Spectrum 'Urban Crunch,' Zoning, Permitting Maze Seen as Big 5G Hurdles
Between now and the U.S. 5G future sit hurdles ranging from an "urban crunch" of spectrum availability to the morass of dealing with legions of local zoning and permitting steps, speakers said at an Axios event Wednesday. North America “started late” on 5G standardization, behind the Far East, but the country has reversed its position in the past two years and the first large-scale rollout likely will happen within the next 12 months in the U.S., said Ericsson North America CEO Niklas Heuveldop.
U.S. 5G priorities include dealing with the "urban crunch" of availability, closing the rural-urban divide and leading on 5G implementation internationally, said Sen. Cory Gardner, R-Colo. Gardner said the U.S. "fell behind" Japan in 3G, and making more spectrum available for 5G is vital, citing the Advancing Innovation and Reinvigorating Widespread Access to Viable Electromagnetic Spectrum Act he co-introduced with Sen. Maggie Hassan, D-N.H. S-1682, by taking 10 percent of the proceeds raised from spectrum auctions for broadband deployments in unserved in underserved areas, tackles two of the three priorities, he said.
The U.S. also must lead on R&D, Gardner said, adding he supported more research funding for the National Institute of Standards and Technology for work on spectrum sharing. He dismissed the idea of a nationalized wireless network, saying the U.S. doesn't want to rely on a single system.
Policy and regulatory hurdles to 5G implementation include the need for a stable regulatory environment, predictability regarding future spectrum access, and changes in the nation's local zoning and permitting regime given that a company might have to go through dozens of steps for permitting sites in a major metropolitan area, said Heuveldop.

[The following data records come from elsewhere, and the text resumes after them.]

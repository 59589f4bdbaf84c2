// What a call asks for.

/// What a call of a macro asks for, at first and behind a token. *TeX: The Program*, part 25 (`macro_call`).
#[must_use]
#[derive(Clone, Copy)]
pub enum CallAsk {
    /// A token, as it stands.
    More,
    /// A right brace that closes nothing came: "Argument of \a has an extra }". It is given back, and a `\par` inserted; the call goes
    /// on behind the report.
    ExtraBrace,
    /// All arguments are gathered.
    Gathered,
    /// The tokens in front of the first place don't match: "Use of \a doesn't match its definition".
    Mismatch,
    /// A `\par` ended the call: it is given back, and "Paragraph ended before \a was complete" reported. Where this is true, since a check
    /// came before, it goes, and nothing is reported. The list in work is all that was read of the present argument in front of the `\par`, for
    /// the runaway text.
    ParEnded(bool),
}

And 5G will affect other industries. “The intercontinental dream for gamers is 5G," since a broad connectivity network promising lower latency would allow for online gamers to easily play against one another globally, said Mike Rufail, CEO of e-sports company Envy Gaming. Fiber networks greatly reduced latency issues, but 5G "is going to take it to the next level," he said.
Serge Matta, president of GroundTruth, a mobile-based retail advertising platform, said 5G will let the company more closely track shoppers' footprints -- knowing not just that they are at the mall but what stores they are in or near, or what floor of a building they are on, which could lead to far more precise targeted advertising. He said his company doesn't tie its tracking data about shoppers to personally identifiable information such as their names and home addresses. He said increasing privacy concerns mean the U.S. is moving increasingly not toward opt-in consent models but "knowingly consenting," with clearer information about what happens when a user decides to share or not share personal information such as location services with an app. He said that model is at least a couple of years away.